The corrected regions feed straight into the speech-gated path. When you fix regions in Dialogue mode, the dialog-gated LUFS, the noise-floor reading, and the Apple Podcasts / Spotify Podcasts verdicts all recompute against the speech and silence you confirmed, not what the raw VAD guessed. Region tint shows provenance: teal for pristine Silero output, amber for VAD regions you've edited, blue for ones loaded from a sidecar.

Bias the detector to your material in Settings → Speech. Three sliders re-run detection in about half a second: Threshold (0.1 to 0.9, default 0.5, lower picks up quieter speech), Minimum region duration (0.05 to 2.0 s, default 0.10, raise to reject clicks and short interjections), and Merge gap (0.05 to 2.0 s, default 0.10, larger values fuse nearby regions through breath pauses).

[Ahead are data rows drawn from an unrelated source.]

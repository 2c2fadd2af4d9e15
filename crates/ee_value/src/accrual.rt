//! The value of one unit at an age.

ghost use Rattle.std.specs.Prelude.{◌≡◌, ◌/◌, ◌%◌, true, false, min, MatchResult, IfOk, IfErr};
ghost use Rattle.ee_value.specs.Rounding.{Rounds};
ghost use Rattle.ee_value.specs.Chain.{rate_in, start};
ghost use Rattle.ee_value.specs.Value.{accrued};
ghost use Rattle.ee_value.specs.Open.{is_open, Close};

use crate::faults::Unsettled;
use crate::growth::grown_once;
use crate::halves::start_unit;
use crate::rates::Rates;
use ee_units::{Age, Bits};

/// The age at which interest stops, in months.
pub const FINAL_MATURITY: u16 = 360;

/// The accrued value of one unit at an age, in cents, without penalty. Above an age of 360 months it is the
/// value at 360. `Unsettled` if the precision doesn't settle it: the true value is then close to a half cent.
/// Takes no memory.
pub fn unit_at(rates: Rates, age: Age, bits: Bits) -> Result<u64, Unsettled>
    ensures value { MatchResult result
        (λ cents. (is_open rates age bits ≡ false) × (cents ≡ accrued rates age))
        (λ e. (is_open rates age bits ≡ true) × (e.age ≡ age)) }
    ensures rounds { IfOk result (λ cents.
        Rounds (start rates (min age 360 / 6)) (rate_in rates (min age 360 / 6)) (min age 360 % 6) cents) }
    ensures close { IfErr result
        (λ _. Close (start rates (age / 6)) (rate_in rates (age / 6)) (age % 6) bits) }
{
    let months = age.months();
    let counted = months.min(FINAL_MATURITY);
    let half_year = counted / 6;
    let start = start_unit(&rates, half_year);
    let rate = rates.rate_in(half_year);
    grown_once(start, rate, (counted % 6) as u8, bits).ok_or(Unsettled { age })
}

Reset to VAD discards your edits, deletes the sidecar, and re-runs Silero with the current tuning.

Level the dialogue, in the same app

Where the dialogue is off level or the room tone sits high, the fix is in Edit mode. Level Dialogue works off the same speech regions the measurement uses (the ones you confirmed in Dialogue mode): it ducks the room tone between phrases with a fast attack and slow release, so word onsets and tails stay clean. Tick Lift dialogue to target and it also brings the voice to a target in the same pass, capping inter-sample peaks at a true-peak ceiling. Gating the silence before the makeup gain is what lets the dialogue come up without the floor riding up with it, the difference between a clean episode and one where every pause hisses. It's a gate, not a denoiser, so it rescues a marginal floor (a quiet room tone just under the gate); a genuinely hissy recording still wants a better capture.

For a straight level move, Normalize on a dialog-gated basis shifts the whole episode by the gain that lands speech-gated LUFS on Apple Podcasts' −16 or Spotify's −14, and a true-peak triangle is one Limit TP pass that caps the peaks without touching loudness. Each is one undoable edit that saves a new file. See the editing workflow →

See it in Specula

Teal speech regions overlaid on a spoken-word waveform immediately after load.
Speech, found on load. The Silero neural model marks spoken regions automatically, fully offline.
The Level Dialogue popover with a duck-room-tone field and a lift-dialogue-to-target toggle for LKFS and dBTP.
Level the dialogue without raising the floor. It ducks room tone before the makeup gain, so the floor drops instead of riding up.
Speech-gated integrated LUFS and a live noise-floor readout in the loudness sidebar.
Speech-gated loudness. The dialog-gated LUFS and noise floor are measured over speech only, not the silences.
Podcast mode targets for Apple Podcasts and Spotify, with the ACX audiobook row and its noise-floor criterion.
Podcast and audiobook specs. Apple, Spotify, and the ACX RMS window with its noise-floor requirement, side by side.

Ship the episode on target

Specula is the pass between "the edit is locked" and "it's published." It tells you what the dialogue actually measures against each platform's spec, levels the dialogue and ducks the room tone with Level Dialogue, lands the episode on a target with Normalize, and caps the peaks with Limit TP, all without leaving the file you loaded.